WORK INSTRUCTION. For each line of the data below that contains "Agent", return that line.

(Collected data entries)
━━━━

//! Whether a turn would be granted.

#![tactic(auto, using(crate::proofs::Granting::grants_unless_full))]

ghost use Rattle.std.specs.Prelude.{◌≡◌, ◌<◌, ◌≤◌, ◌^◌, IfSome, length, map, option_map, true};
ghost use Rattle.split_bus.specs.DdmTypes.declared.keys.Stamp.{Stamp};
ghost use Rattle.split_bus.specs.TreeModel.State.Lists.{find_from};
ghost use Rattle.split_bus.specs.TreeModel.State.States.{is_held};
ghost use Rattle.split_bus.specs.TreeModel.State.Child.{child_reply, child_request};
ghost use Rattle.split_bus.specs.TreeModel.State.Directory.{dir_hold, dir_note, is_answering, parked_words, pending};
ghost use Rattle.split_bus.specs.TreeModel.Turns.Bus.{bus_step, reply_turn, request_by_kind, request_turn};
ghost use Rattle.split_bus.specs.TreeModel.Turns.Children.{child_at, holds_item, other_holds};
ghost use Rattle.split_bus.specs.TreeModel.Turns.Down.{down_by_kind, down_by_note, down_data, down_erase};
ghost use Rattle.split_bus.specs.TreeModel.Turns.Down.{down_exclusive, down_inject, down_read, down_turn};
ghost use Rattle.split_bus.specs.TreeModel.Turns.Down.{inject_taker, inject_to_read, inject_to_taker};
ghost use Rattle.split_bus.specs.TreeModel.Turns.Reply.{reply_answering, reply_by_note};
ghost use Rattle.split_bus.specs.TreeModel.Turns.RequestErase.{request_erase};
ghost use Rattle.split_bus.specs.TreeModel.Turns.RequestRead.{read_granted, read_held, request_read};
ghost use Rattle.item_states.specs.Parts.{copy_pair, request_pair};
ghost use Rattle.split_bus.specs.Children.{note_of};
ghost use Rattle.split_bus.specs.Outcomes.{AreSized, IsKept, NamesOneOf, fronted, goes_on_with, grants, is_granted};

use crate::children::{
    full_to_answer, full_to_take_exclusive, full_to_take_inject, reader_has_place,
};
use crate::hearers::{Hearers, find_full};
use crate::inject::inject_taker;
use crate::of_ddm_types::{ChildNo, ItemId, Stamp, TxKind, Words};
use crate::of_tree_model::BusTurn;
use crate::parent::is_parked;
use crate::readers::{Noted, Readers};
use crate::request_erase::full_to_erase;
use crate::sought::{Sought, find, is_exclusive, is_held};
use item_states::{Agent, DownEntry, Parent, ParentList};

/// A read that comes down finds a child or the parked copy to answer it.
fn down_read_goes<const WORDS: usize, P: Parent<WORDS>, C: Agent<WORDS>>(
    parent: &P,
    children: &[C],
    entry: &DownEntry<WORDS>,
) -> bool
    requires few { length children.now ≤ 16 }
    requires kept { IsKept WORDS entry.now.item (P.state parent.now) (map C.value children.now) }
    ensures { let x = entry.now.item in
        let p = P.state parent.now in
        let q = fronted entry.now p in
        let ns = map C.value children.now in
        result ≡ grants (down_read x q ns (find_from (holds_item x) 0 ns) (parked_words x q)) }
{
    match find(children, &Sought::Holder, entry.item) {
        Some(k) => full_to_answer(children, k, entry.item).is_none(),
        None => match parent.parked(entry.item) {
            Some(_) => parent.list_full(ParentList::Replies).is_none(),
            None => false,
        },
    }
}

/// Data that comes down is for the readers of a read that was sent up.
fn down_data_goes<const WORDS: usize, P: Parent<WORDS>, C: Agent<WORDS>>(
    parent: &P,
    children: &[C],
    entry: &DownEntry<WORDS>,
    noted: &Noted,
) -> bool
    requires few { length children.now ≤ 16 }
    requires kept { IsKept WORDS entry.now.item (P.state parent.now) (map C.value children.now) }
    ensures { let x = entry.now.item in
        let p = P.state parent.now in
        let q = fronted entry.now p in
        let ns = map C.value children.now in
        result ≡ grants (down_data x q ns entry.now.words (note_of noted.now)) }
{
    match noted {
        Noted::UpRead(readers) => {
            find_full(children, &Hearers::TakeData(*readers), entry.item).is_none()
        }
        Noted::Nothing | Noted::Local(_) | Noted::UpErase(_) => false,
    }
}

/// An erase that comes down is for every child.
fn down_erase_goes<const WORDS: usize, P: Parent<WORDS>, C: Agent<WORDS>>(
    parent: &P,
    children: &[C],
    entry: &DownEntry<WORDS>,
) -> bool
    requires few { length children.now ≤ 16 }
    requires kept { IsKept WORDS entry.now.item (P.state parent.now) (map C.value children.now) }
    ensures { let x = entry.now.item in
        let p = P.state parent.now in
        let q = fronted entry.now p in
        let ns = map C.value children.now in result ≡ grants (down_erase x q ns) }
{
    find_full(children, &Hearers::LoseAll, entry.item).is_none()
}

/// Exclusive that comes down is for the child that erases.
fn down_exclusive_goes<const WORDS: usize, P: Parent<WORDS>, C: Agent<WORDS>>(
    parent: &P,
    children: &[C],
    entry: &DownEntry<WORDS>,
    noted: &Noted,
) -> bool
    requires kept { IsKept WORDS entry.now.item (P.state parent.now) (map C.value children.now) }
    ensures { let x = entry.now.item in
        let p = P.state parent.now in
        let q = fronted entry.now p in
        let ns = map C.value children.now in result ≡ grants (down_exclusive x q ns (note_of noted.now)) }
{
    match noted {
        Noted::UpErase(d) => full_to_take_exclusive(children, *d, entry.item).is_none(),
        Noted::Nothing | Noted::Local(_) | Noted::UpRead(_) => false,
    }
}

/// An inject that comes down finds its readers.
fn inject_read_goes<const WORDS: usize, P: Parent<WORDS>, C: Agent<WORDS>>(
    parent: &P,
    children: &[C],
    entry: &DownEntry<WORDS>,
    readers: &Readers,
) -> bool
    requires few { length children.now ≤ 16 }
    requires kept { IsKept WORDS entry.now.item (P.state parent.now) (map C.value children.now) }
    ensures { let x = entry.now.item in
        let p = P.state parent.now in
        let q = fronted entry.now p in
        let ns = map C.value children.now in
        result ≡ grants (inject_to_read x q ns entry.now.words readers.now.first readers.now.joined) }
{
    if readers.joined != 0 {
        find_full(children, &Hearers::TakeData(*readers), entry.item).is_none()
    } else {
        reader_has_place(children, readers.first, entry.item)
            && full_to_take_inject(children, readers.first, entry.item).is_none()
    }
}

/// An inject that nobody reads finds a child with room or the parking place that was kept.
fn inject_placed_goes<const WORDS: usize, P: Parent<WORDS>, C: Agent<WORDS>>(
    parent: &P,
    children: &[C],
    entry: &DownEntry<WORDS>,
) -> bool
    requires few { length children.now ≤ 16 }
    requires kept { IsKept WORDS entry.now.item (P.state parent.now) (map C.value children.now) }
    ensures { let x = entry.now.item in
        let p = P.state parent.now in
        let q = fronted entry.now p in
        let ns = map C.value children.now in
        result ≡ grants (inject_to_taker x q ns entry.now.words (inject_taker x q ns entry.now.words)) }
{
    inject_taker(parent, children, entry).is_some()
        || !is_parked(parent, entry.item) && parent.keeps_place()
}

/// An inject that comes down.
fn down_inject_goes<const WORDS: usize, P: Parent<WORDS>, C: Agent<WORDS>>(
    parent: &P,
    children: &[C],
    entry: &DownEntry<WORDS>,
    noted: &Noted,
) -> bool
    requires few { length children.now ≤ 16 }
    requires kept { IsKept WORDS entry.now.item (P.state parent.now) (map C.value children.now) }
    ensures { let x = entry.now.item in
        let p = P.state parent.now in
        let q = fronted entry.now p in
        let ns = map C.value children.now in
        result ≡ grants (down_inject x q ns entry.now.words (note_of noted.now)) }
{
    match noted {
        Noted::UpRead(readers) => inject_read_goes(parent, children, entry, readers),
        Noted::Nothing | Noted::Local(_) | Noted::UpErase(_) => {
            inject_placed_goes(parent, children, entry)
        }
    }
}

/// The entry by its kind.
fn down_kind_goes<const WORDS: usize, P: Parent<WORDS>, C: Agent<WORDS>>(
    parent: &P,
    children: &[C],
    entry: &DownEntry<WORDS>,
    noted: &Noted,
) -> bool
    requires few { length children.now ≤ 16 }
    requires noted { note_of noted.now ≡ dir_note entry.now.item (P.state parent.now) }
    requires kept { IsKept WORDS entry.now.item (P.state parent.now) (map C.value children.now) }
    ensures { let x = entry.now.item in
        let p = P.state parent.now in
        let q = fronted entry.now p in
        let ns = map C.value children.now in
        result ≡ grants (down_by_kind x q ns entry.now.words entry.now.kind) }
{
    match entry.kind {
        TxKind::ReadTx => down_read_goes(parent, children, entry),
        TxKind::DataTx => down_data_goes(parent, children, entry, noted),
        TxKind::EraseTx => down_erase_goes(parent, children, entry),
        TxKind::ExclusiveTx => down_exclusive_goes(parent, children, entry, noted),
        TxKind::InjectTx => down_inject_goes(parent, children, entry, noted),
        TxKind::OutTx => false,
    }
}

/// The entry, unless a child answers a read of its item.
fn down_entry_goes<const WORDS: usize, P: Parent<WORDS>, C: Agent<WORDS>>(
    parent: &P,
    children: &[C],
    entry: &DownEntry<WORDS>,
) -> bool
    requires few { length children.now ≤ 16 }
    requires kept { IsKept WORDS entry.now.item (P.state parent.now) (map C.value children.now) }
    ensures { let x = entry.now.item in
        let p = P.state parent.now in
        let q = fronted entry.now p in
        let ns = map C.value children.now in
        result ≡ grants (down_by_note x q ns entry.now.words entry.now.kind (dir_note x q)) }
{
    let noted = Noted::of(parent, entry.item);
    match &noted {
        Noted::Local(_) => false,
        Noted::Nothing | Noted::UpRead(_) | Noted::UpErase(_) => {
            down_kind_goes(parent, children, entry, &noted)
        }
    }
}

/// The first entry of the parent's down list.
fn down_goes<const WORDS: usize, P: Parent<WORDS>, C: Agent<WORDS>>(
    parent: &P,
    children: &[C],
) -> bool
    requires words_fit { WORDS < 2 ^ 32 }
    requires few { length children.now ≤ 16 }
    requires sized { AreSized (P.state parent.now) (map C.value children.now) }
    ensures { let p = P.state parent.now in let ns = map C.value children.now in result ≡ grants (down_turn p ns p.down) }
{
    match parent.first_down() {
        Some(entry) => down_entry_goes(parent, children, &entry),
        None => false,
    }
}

━━━━

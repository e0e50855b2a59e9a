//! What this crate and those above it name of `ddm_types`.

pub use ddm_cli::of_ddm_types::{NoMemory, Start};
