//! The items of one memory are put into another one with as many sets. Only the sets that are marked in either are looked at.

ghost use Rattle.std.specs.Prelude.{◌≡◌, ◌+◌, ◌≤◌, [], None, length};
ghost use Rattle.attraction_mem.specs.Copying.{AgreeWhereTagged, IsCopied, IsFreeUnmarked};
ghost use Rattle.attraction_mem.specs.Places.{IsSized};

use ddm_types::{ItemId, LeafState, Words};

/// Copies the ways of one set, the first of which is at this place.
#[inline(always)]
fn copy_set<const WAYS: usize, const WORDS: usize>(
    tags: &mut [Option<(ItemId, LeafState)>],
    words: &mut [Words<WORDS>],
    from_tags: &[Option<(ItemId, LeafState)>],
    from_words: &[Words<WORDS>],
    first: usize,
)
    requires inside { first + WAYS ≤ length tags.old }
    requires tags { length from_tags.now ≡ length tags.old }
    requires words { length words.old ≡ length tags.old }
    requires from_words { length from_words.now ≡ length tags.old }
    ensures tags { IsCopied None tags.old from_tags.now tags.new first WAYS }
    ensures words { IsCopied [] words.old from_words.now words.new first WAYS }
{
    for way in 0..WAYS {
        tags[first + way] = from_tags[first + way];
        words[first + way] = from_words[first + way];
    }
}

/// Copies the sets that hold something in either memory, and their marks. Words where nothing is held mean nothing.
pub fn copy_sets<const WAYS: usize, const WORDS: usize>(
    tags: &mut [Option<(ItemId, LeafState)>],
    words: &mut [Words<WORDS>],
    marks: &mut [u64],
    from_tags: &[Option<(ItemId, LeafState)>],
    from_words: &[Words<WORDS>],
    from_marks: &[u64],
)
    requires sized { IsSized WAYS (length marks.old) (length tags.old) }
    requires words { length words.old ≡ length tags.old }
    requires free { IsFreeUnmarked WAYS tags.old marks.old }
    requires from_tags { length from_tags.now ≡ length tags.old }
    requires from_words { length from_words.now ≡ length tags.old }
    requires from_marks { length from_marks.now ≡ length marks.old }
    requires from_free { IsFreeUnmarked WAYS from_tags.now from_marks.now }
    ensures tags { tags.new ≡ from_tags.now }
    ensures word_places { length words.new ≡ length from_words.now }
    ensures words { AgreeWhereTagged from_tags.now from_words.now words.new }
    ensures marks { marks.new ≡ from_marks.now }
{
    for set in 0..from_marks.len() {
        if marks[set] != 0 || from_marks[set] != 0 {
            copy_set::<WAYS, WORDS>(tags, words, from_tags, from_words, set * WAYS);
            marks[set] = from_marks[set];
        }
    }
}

━━━━

EXERCISE OUTPUT.
use item_states::{Agent, DownEntry, Parent, ParentList};
fn down_read_goes<const WORDS: usize, P: Parent<WORDS>, C: Agent<WORDS>>(
fn down_data_goes<const WORDS: usize, P: Parent<WORDS>, C: Agent<WORDS>>(
fn down_erase_goes<const WORDS: usize, P: Parent<WORDS>, C: Agent<WORDS>>(
fn down_exclusive_goes<const WORDS: usize, P: Parent<WORDS>, C: Agent<WORDS>>(
fn inject_read_goes<const WORDS: usize, P: Parent<WORDS>, C: Agent<WORDS>>(
fn inject_placed_goes<const WORDS: usize, P: Parent<WORDS>, C: Agent<WORDS>>(
fn down_inject_goes<const WORDS: usize, P: Parent<WORDS>, C: Agent<WORDS>>(
fn down_kind_goes<const WORDS: usize, P: Parent<WORDS>, C: Agent<WORDS>>(
fn down_entry_goes<const WORDS: usize, P: Parent<WORDS>, C: Agent<WORDS>>(
fn down_goes<const WORDS: usize, P: Parent<WORDS>, C: Agent<WORDS>>(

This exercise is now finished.